Look below for the line containing "use std::alloc::AllocError;" and the line containing "Some(((first, second, function, pending), rest))"; repeat exactly those two lines and all lines between them, and nothing else.

Extracted data entries:
╭──
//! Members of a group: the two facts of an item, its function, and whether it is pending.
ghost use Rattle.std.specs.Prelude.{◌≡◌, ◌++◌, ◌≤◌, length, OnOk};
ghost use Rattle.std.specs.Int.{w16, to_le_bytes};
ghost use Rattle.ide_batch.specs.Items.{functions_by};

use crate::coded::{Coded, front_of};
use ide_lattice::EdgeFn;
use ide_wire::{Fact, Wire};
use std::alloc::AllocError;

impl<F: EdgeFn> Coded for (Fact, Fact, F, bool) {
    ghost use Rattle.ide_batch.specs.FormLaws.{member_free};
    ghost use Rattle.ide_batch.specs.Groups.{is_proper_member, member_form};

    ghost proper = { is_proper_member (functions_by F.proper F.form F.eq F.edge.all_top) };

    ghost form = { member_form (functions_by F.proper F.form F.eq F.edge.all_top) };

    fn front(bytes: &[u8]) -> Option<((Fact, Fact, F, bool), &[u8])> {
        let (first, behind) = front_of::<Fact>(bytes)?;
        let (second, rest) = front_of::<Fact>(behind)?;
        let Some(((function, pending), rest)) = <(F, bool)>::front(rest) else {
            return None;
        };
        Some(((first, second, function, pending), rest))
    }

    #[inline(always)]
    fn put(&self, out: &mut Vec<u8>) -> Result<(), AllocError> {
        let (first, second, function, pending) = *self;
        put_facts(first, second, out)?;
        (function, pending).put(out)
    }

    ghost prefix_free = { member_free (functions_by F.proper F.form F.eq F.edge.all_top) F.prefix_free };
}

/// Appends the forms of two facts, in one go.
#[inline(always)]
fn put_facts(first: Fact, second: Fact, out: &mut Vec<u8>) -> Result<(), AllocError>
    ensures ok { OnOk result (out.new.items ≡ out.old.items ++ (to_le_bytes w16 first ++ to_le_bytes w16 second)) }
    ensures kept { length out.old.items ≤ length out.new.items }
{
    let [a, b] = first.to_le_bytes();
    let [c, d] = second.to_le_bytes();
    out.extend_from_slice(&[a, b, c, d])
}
╰──
- _OUTPUT OF THE TASK_:
use std::alloc::AllocError;

impl<F: EdgeFn> Coded for (Fact, Fact, F, bool) {
    ghost use Rattle.ide_batch.specs.FormLaws.{member_free};
    ghost use Rattle.ide_batch.specs.Groups.{is_proper_member, member_form};

    ghost proper = { is_proper_member (functions_by F.proper F.form F.eq F.edge.all_top) };

    ghost form = { member_form (functions_by F.proper F.form F.eq F.edge.all_top) };

    fn front(bytes: &[u8]) -> Option<((Fact, Fact, F, bool), &[u8])> {
        let (first, behind) = front_of::<Fact>(bytes)?;
        let (second, rest) = front_of::<Fact>(behind)?;
        let Some(((function, pending), rest)) = <(F, bool)>::front(rest) else {
            return None;
        };
        Some(((first, second, function, pending), rest))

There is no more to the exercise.